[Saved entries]
***

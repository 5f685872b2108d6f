//! What a command asks for and what is printed for an answer, where memory suffices. Contracts leave the want of memory
//! open, so a function that always gave up would be proved too: here each is seen to succeed.
use crate::office::{ENTER, Office, passed, refused};
use commands::{Command, Verb, answers};
use lattice::{Reason, Sizes};
use policy::Policy;
use runs::{Answer, Call};
use sessions::{Rooms, Session};
use std::alloc::{AllocError, Global};
use std::test::Fail;

const SIZES: Sizes = Sizes {
    store: 2,
    purpose: 2,
    role: 2,
    types: 2,
};

// What is printed for the answer of this number.
fn text_at(
    heap: Global,
    session: &Session,
    calls: &[Call],
    at: usize,
) -> Result<String, AllocError> {
    match (calls.get(at), session.answers.get(at)) {
        (Some(call), Some(Some(answer))) => answers::answer_text(heap, call, answer),
        _ => String::from_str(heap, "no answer"),
    }
}

#[test]
fn what_is_made_is_printed_with_its_size(rt: HostRuntime) -> Result<(), Fail> {
    let size = answers::size_text(rt.alloc(), 7)?;
    assert_eq!(rt; size.as_str(), "size 7");
    let count = answers::count_text(rt.alloc(), 3)?;
    assert_eq!(rt; count.as_str(), "3 clauses");
    let room = answers::room_text(rt.alloc(), 4, 9)?;
    assert_eq!(rt; room.as_str(), "room for 4 nodes and 9 flows");
    Ok(())
}

#[test]
fn refusals_are_printed_with_number_place_layer_and_words(rt: HostRuntime) -> Result<(), Fail> {
    let refusal = Reason::NoNode.at(9);
    let text = answers::refusal_text(rt.alloc(), refusal)?;
    assert_eq!(rt;
        text.as_str(),
        "declined 17 at 9 (inventory): there is no such node"
    );
    Ok(())
}

#[test]
fn sets_are_printed_in_braces(rt: HostRuntime) -> Result<(), Fail> {
    let some = answers::set_text(rt.alloc(), 0b10100)?;
    assert_eq!(rt; some.as_str(), "{2, 4}");
    let last = answers::set_text(rt.alloc(), 1 << 63)?;
    assert_eq!(rt; last.as_str(), "{63}");
    let none = answers::set_text(rt.alloc(), 0)?;
    assert_eq!(rt; none.as_str(), "{}");
    Ok(())
}

#[test]
fn judgements_are_printed(rt: HostRuntime) -> Result<(), Fail> {
    let text = answers::answer_text(rt.alloc(), &Call::Settle, &Answer::Judged(passed(1)))?;
    assert_eq!(rt; text.as_str(), "passed by clause 1");
    let text = answers::answer_text(
        rt.alloc(),
        &Call::Settle,
        &Answer::Judged(refused(0, 0b10100)),
    )?;
    assert_eq!(rt; text.as_str(), "refused by clause 0, evidence {2, 4}");
    Ok(())
}

#[test]
fn arguments_are_read_and_meant(rt: HostRuntime) -> Result<(), Fail> {
    let values = commands::values(rt.alloc(), Verb::Mark, b"1 0x2 # a comment").ok();
    let values = values.ok_or("no values")?;
    assert_eq!(rt; values.as_slice(), [1, 2].as_slice());
    let command = commands::command::meant(rt.alloc(), Verb::Mark, values.as_slice())?;
    let marks = matches!(&command, Command::Call(Call::Mark { node: 1, value: 2 }));
    assert!(rt; marks);
    Ok(())
}

#[test]
fn a_session_answers_every_call(rt: HostRuntime) -> Result<(), Fail> {
    let calls = [
        ENTER,
        ENTER,
        Call::Mark { node: 0, value: 1 },
        Call::Draw {
            from: 0,
            to: 1,
            step: 0,
        },
        Call::Settle,
        Call::Path {
            node: 1,
            value: 1,
            room: 4,
        },
        Call::Path {
            node: 0,
            value: 1,
            room: 0,
        },
    ];
    let rooms = Rooms {
        nodes: 2,
        flows: 1,
        words: 256,
    };
    let schemes: [Office; 0] = [];
    let policies: [Policy; 0] = [];
    let session = sessions::run(rt.alloc(), SIZES, rooms, &schemes, &policies, &calls)?;
    assert_eq!(rt;
        text_at(rt.alloc(), &session, &calls, 1)?.as_str(),
        "node 1"
    );
    assert_eq!(rt; text_at(rt.alloc(), &session, &calls, 3)?.as_str(), "done");
    assert_eq!(rt;
        text_at(rt.alloc(), &session, &calls, 5)?.as_str(),
        "flows 0"
    );
    assert_eq!(rt;
        text_at(rt.alloc(), &session, &calls, 6)?.as_str(),
        "no flow"
    );
    Ok(())
}
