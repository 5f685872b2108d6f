//! The inventory: what is numbered, what flows where, what is judged, and why calls are refused.
use crate::office::{ADVERTS, ENTER, TOGETHER, office, passed, refused};
use inventory::{FlowRecord, Inventory, NodeRecord};
use lattice::{Layer, Reason, Refusal, Sizes};
use policy::{Policy, Verdict};
use runs::{Answer, Call};
use std::alloc::Global;
use std::test::Fail;

// Those of the office.
const SIZES: Sizes = Sizes {
    store: 2,
    purpose: 4,
    role: 2,
    types: 7,
};

// Each type becomes its coarse state.
const COARSEN: [u8; 7] = [0, 1, 1, 3, 3, 5, 5];

// A record that an earlier inventory left behind: none of it may be seen.
const NODE: NodeRecord = NodeRecord {
    store: 1,
    purpose: 1,
    role: 1,
    marks: u64::MAX,
    label: u64::MAX,
    verified: true,
};

const FLOW: FlowRecord = FlowRecord {
    from: 1,
    to: 1,
    step: 1,
};

// Memory for four nodes and four flows. Each test makes its own inventory over it: an inventory borrows what it is made of.
fn memory() -> ([NodeRecord; 4], [FlowRecord; 4], [u32; 512]) {
    ([NODE; 4], [FLOW; 4], [7; 512])
}

fn enter_plain(inventory: &mut Inventory, count: usize) -> Result<(), Refusal> {
    for _ in 0..count {
        let _ = inventory.enter(0, 0, 0)?;
    }
    Ok(())
}

// Full identity goes from node 0 to node 1, and from there coarsened to node 2 and back.
fn round_trip(inventory: &mut Inventory) -> Result<(), Refusal> {
    enter_plain(inventory, 3)?;
    let coarsen = inventory.step(&COARSEN)?;
    inventory.mark(0, 2)?;
    inventory.draw(0, 1, 0)?;
    inventory.draw(1, 2, coarsen)?;
    inventory.draw(2, 1, 0)
}

#[test]
fn nodes_and_steps_are_numbered_as_they_come(rt: HostRuntime) -> Result<(), Fail> {
    let (mut nodes, mut flows, mut workspace) = memory();
    let mut inventory = Inventory::new(SIZES, &mut nodes, &mut flows, &mut workspace);
    assert_eq!(rt; inventory.enter(0, 0, 0)?, 0);
    assert_eq!(rt; inventory.enter(0b10, 0b1110, 0b10)?, 1);
    assert_eq!(rt; inventory.step(&COARSEN)?, 1);
    assert_eq!(rt; inventory.step(&COARSEN)?, 2);
    Ok(())
}
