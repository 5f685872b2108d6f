//! Lattices: what they answer, and why rows, levels and pairs are refused.
use lattice::{Attribute, Ladder, Lattice, Layer, Pair, Reason, Refusal, Table, bitset};
use std::test::Fail;

// Three values between the bottom and the top, none of them below another.
const DIAMOND: [u64; 5] = [0b11111, 0b10010, 0b10100, 0b11000, 0b10000];

fn refused(rows: &[u64]) -> Option<Refusal> {
    Table::new().read(rows).err()
}

#[test]
fn attributes_have_words_and_numbers(rt: HostRuntime) {
    assert_eq!(rt; Attribute::named("InStore"), Some(Attribute::InStore));
    assert_eq!(rt; Attribute::named("DataType"), Some(Attribute::DataType));
    assert_eq!(rt; Attribute::named("datatype"), None);
    assert_eq!(rt; Attribute::UseForPurpose.number(), 1);
    assert_eq!(rt; Attribute::AccessByRole.number(), 2);
}

#[test]
fn sets_are_bits(rt: HostRuntime) {
    assert_eq!(rt; bitset::insert(0b100, 1), 0b110);
    assert_eq!(rt; bitset::insert(0b100, 64), 0b100);
    assert_eq!(rt; bitset::remove(0b110, 2), 0b010);
    assert!(rt; bitset::contains(1 << 63, 63));
    assert!(rt; !bitset::contains(u64::MAX, 64));
}

#[test]
fn values_of_a_set_rise(rt: HostRuntime) -> Result<(), Fail> {
    let some: Vec<u8> = bitset::values(0b10110).collect(rt.alloc())?;
    assert_eq!(rt; some.as_slice(), [1, 2, 4].as_slice());
    assert_eq!(rt; bitset::values(0).next(), None);
    assert_eq!(rt; bitset::values(1 << 63).next(), Some(63));
    Ok(())
}

#[test]
fn ladders_have_the_order_of_numbers(rt: HostRuntime) -> Result<(), Fail> {
    let l = Ladder::new(6)?;
    assert_eq!(rt; l.size(), 6);
    assert_eq!(rt; l.meet(3, 5), Some(3));
    assert_eq!(rt; l.join(3, 5), Some(5));
    assert_eq!(rt; l.meet(3, 6), None);
    assert!(rt; l.below(3, 5));
    assert!(rt; !l.below(5, 3));
    assert!(rt; !l.below(3, 6));
    Ok(())
}

#[test]
fn ladders_have_2_to_64_levels(rt: HostRuntime) {
    assert!(rt; Ladder::new(2).is_ok());
    assert!(rt; Ladder::new(64).is_ok());
    assert_eq!(rt; Ladder::new(1).err(), Some(Reason::LadderSize.at(0)));
    assert_eq!(rt; Ladder::new(65).err(), Some(Reason::LadderSize.at(0)));
}

#[test]
fn tables_answer_by_their_rows(rt: HostRuntime) -> Result<(), Fail> {
    let mut t = Table::new();
    assert_eq!(rt; t.size(), 2);
    t.read(&DIAMOND)?;
    assert_eq!(rt; t.size(), 5);
    assert_eq!(rt; t.meet(1, 2), Some(0));
    assert_eq!(rt; t.join(1, 3), Some(4));
    assert_eq!(rt; t.meet(4, 3), Some(3));
    assert_eq!(rt; t.join(0, 2), Some(2));
    assert_eq!(rt; t.join(0, 5), None);
    Ok(())
}

#[test]
fn refused_rows_leave_the_table(rt: HostRuntime) -> Result<(), Fail> {
    let mut t = Table::new();
    t.read(&DIAMOND)?;
    assert!(rt; t.read(&[0b1]).is_err());
    assert_eq!(rt; t.size(), 5);
    Ok(())
}

#[test]
fn rows_that_are_no_lattice_are_refused(rt: HostRuntime) {
    assert_eq!(rt; refused(&[0b1]), Some(Reason::RowCount.at(0)));
    assert_eq!(rt; refused(&[1; 65]), Some(Reason::RowCount.at(0)));
    assert_eq!(rt; refused(&[0b11, 0b110]), Some(Reason::StrayBit.at(1)));
    assert_eq!(rt; refused(&[0b11, 0b00]), Some(Reason::NotReflexive.at(1)));
    assert_eq!(rt;
        refused(&[0b11, 0b11]),
        Some(Reason::NotAntisymmetric.at(0))
    );
    assert_eq!(rt;
        refused(&[0b011, 0b110, 0b100]),
        Some(Reason::NotTransitive.at(0))
    );
    assert_eq!(rt;
        refused(&[0b101, 0b010, 0b100]),
        Some(Reason::NotBounded.at(1))
    );
    // 1 and 2 are both below 3 and 4, neither of which is below the other
    assert_eq!(rt;
        refused(&[0b111111, 0b111010, 0b111100, 0b101000, 0b110000, 0b100000]),
        Some(Reason::NoJoin.at(1))
    );
}

#[test]
fn pairs_have_both_parts(rt: HostRuntime) -> Result<(), Fail> {
    let both = Pair {
        first: Ladder::new(3)?,
        second: Ladder::new(4)?,
    };
    // (1, 1) is 1, (1, 3) is 3, (2, 1) is 4, (2, 3) is 6
    assert_eq!(rt; both.size(), 7);
    assert_eq!(rt; both.join(3, 4), Some(6));
    assert_eq!(rt; both.meet(3, 4), Some(1));
    assert_eq!(rt; both.meet(0, 4), Some(0));
    assert_eq!(rt; both.join(0, 4), Some(4));
    let nested = Pair {
        first: both,
        second: Table::new(),
    };
    assert_eq!(rt; nested.size(), 7);
    assert_eq!(rt; nested.meet(3, 4), Some(1));
    Ok(())
}

#[test]
fn pairs_have_64_values_at_most(rt: HostRuntime) -> Result<(), Fail> {
    let ten = Ladder::new(10)?;
    assert!(rt; lattice::fits(&ten, &Ladder::new(8)?).is_ok());
    assert_eq!(rt;
        lattice::fits(&ten, &Ladder::new(9)?).err(),
        Some(Reason::PairSize.at(0))
    );
    let wide = Pair {
        first: ten,
        second: Ladder::new(9)?,
    };
    assert_eq!(rt; wide.size(), 2);
    Ok(())
}

#[test]
fn refusals_have_numbers_and_layers(rt: HostRuntime) {
    assert_eq!(rt; Reason::RowCount.number(), 1);
    assert_eq!(rt; Reason::PairSize.layer(), Layer::Lattice);
    assert_eq!(rt; Reason::MisplacedWord.layer(), Layer::Words);
    assert_eq!(rt; Reason::SameKind.layer(), Layer::Clauses);
    assert_eq!(rt; Reason::TooNested.number(), 16);
}
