//! Clauses: both verdicts, the clause that decides, and the evidence.
use crate::office::{ADVERTS, TOGETHER, office, passed, refused};
use lattice::Refusal;
use policy::{Label, Policy, Verdict};
use std::test::Fail;

fn verdict(words: &[u32], purpose: u64, types: u64) -> Result<Verdict, Refusal> {
    let scheme = office()?;
    let mut policy = Policy::new();
    policy.read(words, &scheme)?;
    let held = Label {
        store: 0,
        purpose,
        role: 0,
        types,
    };
    Ok(policy.judge(&scheme, held.declared(&scheme)))
}

#[test]
fn full_identity_is_refused_for_adverts(rt: HostRuntime) -> Result<(), Fail> {
    assert_eq!(rt; verdict(&ADVERTS, 0b100, 0b100)?, refused(0, 0b100));
    assert_eq!(rt; verdict(&ADVERTS, 0b100, 0b110)?, refused(0, 0b100));
    Ok(())
}

#[test]
fn coarse_identity_and_page_turns_pass(rt: HostRuntime) -> Result<(), Fail> {
    assert_eq!(rt; verdict(&ADVERTS, 0b100, 0b10)?, passed(1));
    assert_eq!(rt; verdict(&ADVERTS, 0b100, 0b10010)?, passed(1));
    assert_eq!(rt; verdict(&ADVERTS, 0b100, 0b10000)?, passed(0));
    Ok(())
}

#[test]
fn purpose_left_out_is_any_purpose(rt: HostRuntime) -> Result<(), Fail> {
    assert_eq!(rt; verdict(&ADVERTS, 0, 0b100)?, refused(0, 0b100));
    assert_eq!(rt; verdict(&ADVERTS, 0b10, 0b100)?, passed(0));
    Ok(())
}

#[test]
fn a_deny_list_applies_where_all_its_values_meet(rt: HostRuntime) -> Result<(), Fail> {
    assert_eq!(rt; verdict(&TOGETHER, 0, 0b100)?, passed(0));
    assert_eq!(rt; verdict(&TOGETHER, 0, 0b10100)?, refused(1, 0b10100));
    assert_eq!(rt; verdict(&TOGETHER, 0, 0b1010100)?, refused(1, 0b1000000));
    assert_eq!(rt; verdict(&TOGETHER, 0, 0)?, passed(0));
    Ok(())
}

#[test]
fn the_starting_policy_refuses_what_holds_anything(rt: HostRuntime) -> Result<(), Fail> {
    let scheme = office()?;
    let held = Label {
        store: 0,
        purpose: 0,
        role: 0,
        types: 0b10,
    };
    let decision = Policy::new().decide(&scheme, held.declared(&scheme));
    assert!(rt; !decision.passed);
    Ok(())
}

***

• [Task statement]: From the records above, transcribe without alteration every line from the one with "assert_eq!(rt; bitset::values(1 <<" to the one with "Some(Reason::NotTransitive.at(0))", inclusive.

• [Problem solution]:
    assert_eq!(rt; bitset::values(1 << 63).next(), Some(63));
    Ok(())
}

#[test]
fn ladders_have_the_order_of_numbers(rt: HostRuntime) -> Result<(), Fail> {
    let l = Ladder::new(6)?;
    assert_eq!(rt; l.size(), 6);
    assert_eq!(rt; l.meet(3, 5), Some(3));
    assert_eq!(rt; l.join(3, 5), Some(5));
    assert_eq!(rt; l.meet(3, 6), None);
    assert!(rt; l.below(3, 5));
    assert!(rt; !l.below(5, 3));
    assert!(rt; !l.below(3, 6));
    Ok(())
}

#[test]
fn ladders_have_2_to_64_levels(rt: HostRuntime) {
    assert!(rt; Ladder::new(2).is_ok());
    assert!(rt; Ladder::new(64).is_ok());
    assert_eq!(rt; Ladder::new(1).err(), Some(Reason::LadderSize.at(0)));
    assert_eq!(rt; Ladder::new(65).err(), Some(Reason::LadderSize.at(0)));
}

#[test]
fn tables_answer_by_their_rows(rt: HostRuntime) -> Result<(), Fail> {
    let mut t = Table::new();
    assert_eq!(rt; t.size(), 2);
    t.read(&DIAMOND)?;
    assert_eq!(rt; t.size(), 5);
    assert_eq!(rt; t.meet(1, 2), Some(0));
    assert_eq!(rt; t.join(1, 3), Some(4));
    assert_eq!(rt; t.meet(4, 3), Some(3));
    assert_eq!(rt; t.join(0, 2), Some(2));
    assert_eq!(rt; t.join(0, 5), None);
    Ok(())
}

#[test]
fn refused_rows_leave_the_table(rt: HostRuntime) -> Result<(), Fail> {
    let mut t = Table::new();
    t.read(&DIAMOND)?;
    assert!(rt; t.read(&[0b1]).is_err());
    assert_eq!(rt; t.size(), 5);
    Ok(())
}

#[test]
fn rows_that_are_no_lattice_are_refused(rt: HostRuntime) {
    assert_eq!(rt; refused(&[0b1]), Some(Reason::RowCount.at(0)));
    assert_eq!(rt; refused(&[1; 65]), Some(Reason::RowCount.at(0)));
    assert_eq!(rt; refused(&[0b11, 0b110]), Some(Reason::StrayBit.at(1)));
    assert_eq!(rt; refused(&[0b11, 0b00]), Some(Reason::NotReflexive.at(1)));
    assert_eq!(rt;
        refused(&[0b11, 0b11]),
        Some(Reason::NotAntisymmetric.at(0))
    );
    assert_eq!(rt;
        refused(&[0b011, 0b110, 0b100]),
        Some(Reason::NotTransitive.at(0))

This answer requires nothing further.